(Records excerpted from a collection)
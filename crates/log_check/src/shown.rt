//! Law of what an image shows in which nothing is found before the log.
ghost use Rattle.log_check.specs.Shown.{EarlyImagesAreShown};

/// An image in which nothing is found before the log shows a tree. A table that holds what is held node by node holds it, and as many blocks are
/// free as are counted.
pub fn early_images_are_shown()
    ensures { EarlyImagesAreShown }
{}
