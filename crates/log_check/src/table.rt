//! Makes the table of nodes as they were at the last point.
ghost use Rattle.std.specs.Prelude.{◌≡◌, ◌≤◌, true, List, Some, IfOk, OnOk};
ghost use Rattle.block_format.specs.declared.slot.Slot.{Slot};
ghost use Rattle.dir_slots.specs.Slots.{IsDirectory};
ghost use Rattle.held_list.specs.Held.{slots_at};
ghost use Rattle.image_model.specs.Walk.{is_directory};
ghost use Rattle.node_table.specs.Changes.{IsSet};
ghost use Rattle.node_table.specs.Held.{AreDirectories};
ghost use Rattle.node_table.specs.declared.held.HeldNode.{HeldNode};
ghost use Rattle.log_check.specs.Accepting.{HoldsATree};
ghost use Rattle.log_check.specs.Holding.{AreNodes, node_held, IsTableOf, HoldsEachTree, FindsNoneLost};

use block_format::Inode;
use held_list::HeldList;
use node_table::NodeTable;
use std::alloc::{AllocError, Global};
use vol_numbers::InoNo;

/// The table of these nodes: files with their sizes, and directories with their slots.
///
/// It copies each directory once. A directory is found by the logarithm of their number.
pub fn table_of(
    alloc: Global,
    nodes: &[(InoNo, Inode)],
    directories: &HeldList,
) -> Result<NodeTable, AllocError>
    requires { AreNodes nodes.now directories.now }
    ensures nodes { IfOk result (λ table. IsTableOf nodes.now directories.now table) }
    ensures trees { IfOk result (λ table. HoldsEachTree nodes.now directories.now table) }
    ensures directories { IfOk result AreDirectories }
    ensures a_tree { IfOk result (λ table. FindsNoneLost nodes.now directories.now → HoldsATree table) }
{
    let mut table = NodeTable::new(alloc)?;
    for node in nodes {
        put_node(&mut table, node, directories)?;
    }
    Ok(table)
}

/// Puts a node under its number.
fn put_node(
    table: &mut NodeTable,
    node: &(InoNo, Inode),
    directories: &HeldList,
) -> Result<(), AllocError>
    requires at_least { 1 ≤ node.now.0 }
    requires at_most { node.now.0 ≤ 65535 }
    requires held { (held : HeldNode) × (node_held directories.now node.now.0 node.now.1 ≡ Some held) }
    ensures put { OnOk result (IsSet table.old node.now.0 (node_held directories.now node.now.0 node.now.1) table.new) }
    ensures directory { OnOk result ((slots : List Slot) → is_directory node.now.1 ≡ true → slots_at directories.now node.now.0 ≡ Some slots → IsDirectory slots) }
{
    match node.1 {
        Inode::Unused => Ok(()),
        Inode::File { size, .. } => {
            table.put_file(node.0, size);
            Ok(())
        }
        Inode::Directory { .. } => match directories.get(node.0) {
            Some(slots) => {
                let _width = slots.width();
                table.put_directory(node.0, slots.clone()?)
            }
            None => Ok(()),
        },
    }
}
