//! Reads the records of a log up to the first bad one.
ghost use Rattle.std.specs.Prelude.{◌≡◌, ◌<◌, ◌≤◌, ◌+◌, ◌*◌, IfOk, IfNone, IsTrue, Some};
ghost use Rattle.vol_numbers.specs.Layout.{log_start};
ghost use Rattle.disk_model.specs.Past.{Adds};
ghost use Rattle.block_format.specs.Root.{root_of, HasGeometry};
ghost use Rattle.op_log.specs.Log.{IsFirstBad};
ghost use Rattle.log_check.specs.Cause.{IfFound, HasCheckCause};
ghost use Rattle.log_check.specs.Reading.{ReadsFront};

use crate::LogCheckFault;
use block_format::RootBody;
use disk_model::Disk;
use op_log::{CommandList, LogFault, read_all};
use std::alloc::Global;

/// The commands of the records that are good, and the index of the first bad one, if there is one.
#[derive(Drop)]
pub(crate) struct Front {
    pub(crate) commands: CommandList,
    pub(crate) bad: Option<u32>,
}

/// Reads the records up to the first bad one. The blocks are read again where there is one.
pub(crate) fn read_front<D: Disk>(
    alloc: Global,
    disk: &mut D,
    body: &RootBody,
) -> Result<Front, LogCheckFault>
    requires grammar { HasGeometry (root_of body.now) }
    requires size { (root_of body.now).layout.blocks ≡ (D.fixed disk.old).size }
    ensures front { IfOk result (ReadsFront D.tells (D.state disk.old).contents body.now) }
    ensures found { IfFound result (λ _. IsTrue D.tells → ⊥) }
    ensures reads { IfOk result (λ front. IfNone front.bad ((D.given disk.new).count ≤ (D.given disk.old).count + body.now.log_used)) }
    ensures reads_again { IfOk result (λ front. (D.given disk.new).count ≤ (D.given disk.old).count + 2 * body.now.log_used) }
    ensures reads_found { IfFound result (λ _. (D.given disk.new).count ≤ (D.given disk.old).count + 2 * body.now.log_used) }
    ensures same { IsTrue D.tells → D.state disk.new ≡ D.state disk.old }
    ensures moments { IsTrue D.tells → Adds (D.past disk.old) (D.past disk.new) (λ s. s ≡ D.state disk.old) }
    ensures fixed { D.fixed disk.new ≡ D.fixed disk.old }
    ensures cause { HasCheckCause (D.faults disk.old) (D.faults disk.new) result }
{
    match read_all(alloc, disk, body) {
        Ok(commands) => Ok(Front {
            commands,
            bad: None,
        }),
        Err(LogFault::BadRecord(bad)) => read_before(alloc, disk, body, bad),
        Err(LogFault::Device) => Err(LogCheckFault::Device),
        Err(LogFault::OutOfMemory) => Err(LogCheckFault::OutOfMemory),
    }
}

/// Reads the records before a bad one.
fn read_before<D: Disk>(
    alloc: Global,
    disk: &mut D,
    body: &RootBody,
    bad: u32,
) -> Result<Front, LogCheckFault>
    requires grammar { HasGeometry (root_of body.now) }
    requires size { (root_of body.now).layout.blocks ≡ (D.fixed disk.old).size }
    requires bad { bad < body.now.records }
    requires first_bad { IsTrue D.tells → IsFirstBad (D.state disk.old).contents (log_start (root_of body.now).layout) body.now.log_used bad }
    ensures front { IfOk result (ReadsFront D.tells (D.state disk.old).contents body.now) }
    ensures found { IfFound result (λ _. IsTrue D.tells → ⊥) }
    ensures bad { IfOk result (λ front. front.bad ≡ Some bad) }
    ensures reads { IfOk result (λ front. (D.given disk.new).count ≤ (D.given disk.old).count + body.now.log_used) }
    ensures reads_found { IfFound result (λ _. (D.given disk.new).count ≤ (D.given disk.old).count + body.now.log_used) }
    ensures same { IsTrue D.tells → D.state disk.new ≡ D.state disk.old }
    ensures moments { IsTrue D.tells → Adds (D.past disk.old) (D.past disk.new) (λ s. s ≡ D.state disk.old) }
    ensures fixed { D.fixed disk.new ≡ D.fixed disk.old }
    ensures cause { HasCheckCause (D.faults disk.old) (D.faults disk.new) result }
{
    match read_all(alloc, disk, &shorter(body, bad)) {
        Ok(commands) => Ok(Front {
            commands,
            bad: Some(bad),
        }),
        // A disk that tells what it holds gives the same blocks again.
        Err(LogFault::BadRecord(i)) => Err(LogCheckFault::Found(i)),
        Err(LogFault::Device) => Err(LogCheckFault::Device),
        Err(LogFault::OutOfMemory) => Err(LogCheckFault::OutOfMemory),
    }
}

/// The root with so many records.
fn shorter(body: &RootBody, records: u32) -> RootBody
    requires grammar { HasGeometry (root_of body.now) }
    requires fewer { records < body.now.records }
    ensures is { result ≡ record body.now { records = records } }
    ensures grammar { HasGeometry (root_of result) }
{
    let mut shorter = *body;
    shorter.records = records;
    shorter
}
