// Signs, mode spaces, terms and refusals: the values that every other crate is made of.
#![tactic(auto)]

ghost use Rattle.std.specs.Prelude.{◌≡◌, true, false, ◌^◌, ◌≤◌, ltb};
ghost use Rattle.modes.specs.Bools.{◌⊕◌};
ghost use Rattle.modes.specs.Words.{bit, lowest_mode};
ghost use Rattle.modes.specs.Counts.{parity, count};
ghost use Rattle.modes.specs.Spaces.{space_of, inside, word_refusal, words_refusal};
ghost use Rattle.modes.specs.Reasons.{number_of};

// A sign, plus or minus; the bool is true for minus.
#[derive(Clone, Copy)]
pub struct Sign(pub bool);

impl Sign {
    pub const PLUS: Sign = Sign(false);

    pub const MINUS: Sign = Sign(true);

    // minus exactly if the number of exchanges is odd
    pub fn from_exchanges(n: u32) -> Sign
        ensures { result.0 ≡ parity n }
    {
        if n % 2 == 1 { Sign::MINUS } else { Sign::PLUS }
    }

    // the product of two signs: minus exactly if they differ
    pub fn mul(self, rhs: Sign) -> Sign
        ensures { result.0 ≡ self.0 ⊕ rhs.0 }
    {
        if self.0 {
            return Sign(!rhs.0);
        }
        rhs
    }
}

// How many modes there are, from 1 to MAX.
#[derive(Clone, Copy)]
pub struct ModeSpace {
    pub count: u64,
}

impl ModeSpace {
    pub const MAX: u64 = 64;

    // the space of `count` modes, none outside 1 to MAX
    pub fn from_count(count: u64) -> Option<ModeSpace>
        ensures { result ≡ space_of count }
    {
        if count == 0 {
            return None;
        }
        if ModeSpace::MAX < count {
            return None;
        }
        Some(ModeSpace { count })
    }

    // does the word hold only modes of the space
    pub fn contains(self, word: u64) -> bool
        ensures { result ≡ ltb word (2 ^ self.count) }
    {
        if ModeSpace::MAX <= self.count {
            return true;
        }
        word < (1u64 << self.count)
    }
}

// The most terms that a record or a list of terms may have.
pub const MOST_TERMS: usize = 2048;

// A term of an operator: its creation word, its annihilation word, and its coefficient.
#[derive(Clone, Copy, PartialEq, Eq)]
pub struct Term {
    pub cre: u64,
    pub ann: u64,
    pub coeff: i64,
}

// Why a call is refused. The numbers are those of the C face.
#[derive(Clone, Copy, Debug, PartialEq, Eq)]
pub enum Reason {
    Malformed = 1,
    WordOutside = 2,
    OutOfOrder = 3,
    ZeroCoeff = 4,
    TooHeavy = 5,
    ModesDiffer = 6,
    RowsDoNotFit = 7,
    ProductTooHeavy = 8,
    ResultTooHeavy = 9,
    TooManyTerms = 10,
    OutputTooShort = 11,
    OccupationOutside = 12,
    NotFinite = 13,
    BadBasis = 14,
    BadReport = 15,
    BadLine = 16,
    TooManyLadders = 17,
    NoSuchParty = 18,
    DamagedHalf = 19,
    NoFreeSlot = 20,
    NoGap = 21,
    NoSuchSlot = 22,
}

impl Reason {
    pub fn number(self) -> u64
        ensures { result ≡ number_of self }
    {
        self as u64
    }
}

// What refuses a call: the reason, the operand that it blames, and the place there.
#[derive(Clone, Copy, Debug, PartialEq, Eq)]
pub struct Refusal {
    pub reason: Reason,
    pub operand: u64,
    pub place: u64,
}

impl Refusal {
    // The refusals that blame no operand.
    pub const MODES_DIFFER: Refusal = Refusal {
        reason: Reason::ModesDiffer,
        operand: 0,
        place: 0,
    };

    pub const ROWS_DO_NOT_FIT: Refusal = Refusal {
        reason: Reason::RowsDoNotFit,
        operand: 0,
        place: 0,
    };

    pub const PRODUCT_TOO_HEAVY: Refusal = Refusal {
        reason: Reason::ProductTooHeavy,
        operand: 0,
        place: 0,
    };

    pub const RESULT_TOO_HEAVY: Refusal = Refusal {
        reason: Reason::ResultTooHeavy,
        operand: 0,
        place: 0,
    };

    pub const TOO_MANY_TERMS: Refusal = Refusal {
        reason: Reason::TooManyTerms,
        operand: 0,
        place: 0,
    };

    pub const OUTPUT_TOO_SHORT: Refusal = Refusal {
        reason: Reason::OutputTooShort,
        operand: 0,
        place: 0,
    };
}

// What a call that fills a lent output and is not refused comes back with: the length in bytes of what stands there, and
// the rows or branches.
#[derive(Clone, Copy)]
pub struct Written {
    pub len: usize,
    pub branches: u64,
}

// How many modes the word holds. This and `lowest_mode` are std's, with a promise in the documents' words.
pub fn modes_in(word: u64) -> u64
    ensures { (result ≡ count 64 (bit word)) × (result ≤ 64) }
{
    u64::count_ones(word) as u64
}

// The lowest mode that the word holds, or 64 where it holds none.
pub fn lowest_mode(word: u64) -> u64
    ensures { result ≡ lowest_mode 64 (bit word) }
{
    u64::trailing_zeros(word) as u64
}

// Do both words hold only modes of the space?
pub fn is_inside(space: ModeSpace, cre: u64, ann: u64) -> bool
    ensures { result ≡ inside space.count cre ann }
{
    space.contains(ann | cre)
}

// A word that the caller names is refused where it holds a mode outside.
pub fn word_refusal(space: ModeSpace, operand: u64, place: u64, word: u64) -> Result<(), Refusal>
    ensures { result ≡ word_refusal space.count operand place word }
{
    if space.contains(word) {
        return Ok(());
    }
    Err(Refusal {
        reason: Reason::OccupationOutside,
        operand,
        place,
    })
}

// The bra is checked before the ket.
pub fn words_refusal(space: ModeSpace, bra: u64, ket: u64) -> Result<(), Refusal>
    ensures { result ≡ words_refusal space.count bra ket }
{
    word_refusal(space, 3, 0, bra)?;
    word_refusal(space, 4, 0, ket)
}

▶ Exercise
Reproduce exactly, please, only the lines from the start of the data above to the line that contains "many blocks are", with both ends kept.

▶ Answer to this task
filename crates/log_check/src/shown.rt
//! Law of what an image shows in which nothing is found before the log.
ghost use Rattle.log_check.specs.Shown.{EarlyImagesAreShown};

/// An image in which nothing is found before the log shows a tree. A table that holds what is held node by node holds it, and as many blocks are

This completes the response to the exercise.